Increased expression of Proliferation and HER2 group genes were largely responsible for the increased variability in recurrence scores observed between paired samples. The observed variability in younger women could be a factor of menstrual cycling, as previous studies report that tumour proliferation and HER2 gene expression fluctuate during the menstrual cycle, in accordance with concentrations of oestrogen and progesterone. In premenopausal women, the highest proliferative activity of breast epithelium [28] and breast cancer samples [29] is observed during the luteal phase, when circulating concentrations of progesterone peak. Additionally, in vitro and in vivo stimulation with oestrogen and/or progesterone promotes proliferation of breast cancer cells, an effect which can be reversed with anti-estrogenic treatment [30, 31]. The expression of HER2 also fluctuates across the menstrual cycle, with the highest expression during the luteal phase [32]. Likewise, progesterone treatment of breast cancer cell lines increases growth factor receptor signalling and Oncotype DX Recurrence Scores [24]. While it has also been reported that the expression of oestrogen-regulated genes fluctuates across the menstrual cycle [20,21,22,23] and that oestrogen and progesterone affect the invasive properties of premenopausal breast cancers [33,34,35], we did not observe variable expression of Oestrogen or Invasion group genes between paired breast cancer samples collected from younger women.

It is interesting to note that not all young women showed discordance in recurrence scores between paired breast cancer samples. As menstrual histories of women in this study were unknown, it is possible that tissue was collected at times of the cycle when concentrations of oestrogen and progesterone did not differ significantly, or the woman was in a perimenopausal state with anovulatory cycles. As such, the impact of menstrual cycle stage on recurrence score might only be seen when there is a large enough cycle-dependent difference in circulating hormone concentrations to impact gene expression. Furthermore, biological differences between tumours may also explain why discordances in recurrence scores were only observed in a subset of tumours. There is significant heterogeneity within ER-positive breast tumours that may influence responsiveness to ovarian hormones. Paired samples exhibiting large discordances in recurrence scores may be more sensitive to fluctuations in oestrogen and progesterone and more prone to cycle-induced changes. However, the underlying tumour biology that drives this increased susceptibility, and whether it is possible to identify tumours that are more sensitive to fluctuations in oestrogen and progesterone, warrants further investigation.

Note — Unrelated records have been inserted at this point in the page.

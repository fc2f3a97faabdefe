// The lines of a block: its unknowns, the rows of its inverse, and its acts.
ghost use Rattle.std.specs.Prelude.{◌≡◌, ◌+◌, ◌∷◌, ◌++◌, [], IfOk, OnOk, length, map};
ghost use Rattle.std.specs.Option.{option_map};
ghost use Rattle.fd_certfile.specs.Blocks.{acts_at, part_at};
ghost use Rattle.fd_certfile.specs.Lines.{lines_of};
ghost use Rattle.fd_certfile.specs.Readings.{Keeps, act_in, as_they_are, cells_of, kept, parts_at, rows_at};
ghost use Rattle.fd_certfile.specs.Views.{act, part, view};

use crate::cells::Cells;
use crate::fault::Stop;
use crate::line::{Line, read_line};
use crate::row::{is_place, push_row};
use crate::version::Version;
use fd_lines::cut;
use std::alloc::{AllocError, Global};

/// What a certificate claims of an unknown and its row, in whole microvolts or microamperes.
#[derive(Clone, Copy, Debug, Drop)]
pub struct Part {
    pub centre: i128,
    pub radius: i128,
    pub mismatch: i128,
}

/// An act as a certificate claims it: milliseconds, the number of a control, and signed steps.
#[derive(Clone, Copy, Debug, Drop)]
pub(crate) struct ClaimedAct {
    pub time: i128,
    pub control: i128,
    pub steps: i128,
}

fn part_of(place: u128, line: &Line<'_>) -> Option<Part>
    ensures { option_map part result ≡ part_at place (view line.now) }
{
    match line {
        Line::State(number, centre, radius, mismatch) => {
            if is_place(place, *number) {
                Some(Part {
                    centre: *centre,
                    radius: *radius,
                    mismatch: *mismatch,
                })
            } else {
                None
            }
        }
        _ => None,
    }
}

// Adds a part where parts are kept.
fn push_kept(found: &mut Vec<Part>, keep: bool, next: Part) -> Result<(), AllocError>
    ensures { OnOk result (map part found.new.items ≡ map part found.old.items ++ kept keep (part next ∷ [])) }
{
    if keep {
        found.push(next)?;
    }
    Ok(())
}

/// The next so many lines of unknowns, of which the parts are kept or none, and the bytes behind them.
pub(crate) fn parts(
    alloc: Global,
    keep: bool,
    count: u128,
    bytes: &[u8],
) -> Result<(Vec<Part>, &[u8]), Stop>
    ensures { Keeps as_they_are keep (λ x. map part x.0.items) (λ x. lines_of x.1.now) result (lines_of bytes.now) (parts_at count (lines_of bytes.now)) }
{
    let mut found = Vec::new(alloc);
    let mut rest = bytes;
    for place in 0..count {
        match cut(rest, b'\n') {
            Some((text, more)) => {
                match part_of(place, &read_line(text)) {
                    Some(part) => push_kept(&mut found, keep, part)?,
                    None => return Err(Stop::Refused { behind: place }),
                }
                rest = more;
            }
            None => return Err(Stop::Refused { behind: place }),
        }
    }
    Ok((found, rest))
}

// Room for the entries of so many rows of so many, where they are kept.
fn room(alloc: Global, keep: bool, count: u64) -> Result<Cells, AllocError>
    ensures { IfOk result (λ cells. cells ≡ []) }
{
    if !keep {
        return Ok(Cells::new(alloc));
    }
    match usize::try_from(count.saturating_mul(count)) {
        Ok(places) => Cells::with_capacity(alloc, places),
        Err(_) => Err(AllocError),
    }
}

/// The next so many rows of an inverse in a version, of which the entries are kept one after another or none, and the bytes behind
/// them.
pub(crate) fn rows(
    alloc: Global,
    keep: bool,
    version: Version,
    count: u64,
    bytes: &[u8],
) -> Result<(Cells, &[u8]), Stop>
    ensures { Keeps cells_of keep (λ x. x.0) (λ x. lines_of x.1.now) result (lines_of bytes.now) (rows_at version count (lines_of bytes.now)) }
{
    let mut cells = room(alloc, keep, count)?;
    let mut rest = bytes;
    for place in 0..count as u128 {
        match cut(rest, b'\n') {
            Some((text, more)) => {
                if !push_row(&mut cells, keep, version, count, place, &read_line(text))? {
                    return Err(Stop::Refused { behind: place });
                }
                rest = more;
            }
            None => return Err(Stop::Refused { behind: place }),
        }
    }
    Ok((cells, rest))
}

/// The act of a line, if it is one.
pub(crate) fn act_of(line: &Line<'_>) -> Option<ClaimedAct>
    ensures { option_map act result ≡ act_in (view line.now) }
{
    match line {
        Line::Act(time, control, steps) => Some(ClaimedAct {
            time: *time,
            control: *control,
            steps: *steps,
        }),
        _ => None,
    }
}

/// How many acts stand before the first line that isn't one, and the bytes from there on.
pub(crate) fn acts(bytes: &[u8]) -> (u128, &[u8])
    ensures count { length (acts_at (lines_of bytes.now)).0 ≡ result.0 }
    ensures rest { (acts_at (lines_of bytes.now)).1 ≡ lines_of result.1.now }
    ensures lines { length (lines_of bytes.now) ≡ result.0 + length (lines_of result.1.now) }
{
    // read for its length alone, which bounds the number of lines
    let _length = bytes.len();
    let mut count = 0;
    let mut rest = bytes;
    while let Some((text, more)) = cut(rest, b'\n') {
        match act_of(&read_line(text)) {
            Some(_act) => count += 1,
            None => return (count, rest),
        }
        rest = more;
    }
    (count, rest)
}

There is the potential to tailor gene expression-based assays for use in premenopausal women. Incorporation of menstrual cycle stage with the Oncotype DX algorithm could provide an opportunity to improve the accuracy of the predictive benefit of chemotherapy for premenopausal women with intermediate Recurrence Scores. Alternatively, refinement of the Oncotype DX algorithm through alteration of the weighting of Proliferation and HER2 group scores could form the basis of an improved assay for premenopausal women.

Conclusions

Discordance in 21-gene experimental recurrence scores between paired breast cancer samples is inversely related to patient age and suggests that recurrence scores may be critically affected by the menstrual cycle stage at the time of tissue collection. Consequently, the use of the Oncotype DX algorithm to inform decision-making in premenopausal breast cancer patients could potentially lead to suboptimal or unnecessary treatments. Currently, there is a pressing need for consideration of patient age in the application of gene expression-based precision medicine for breast cancer.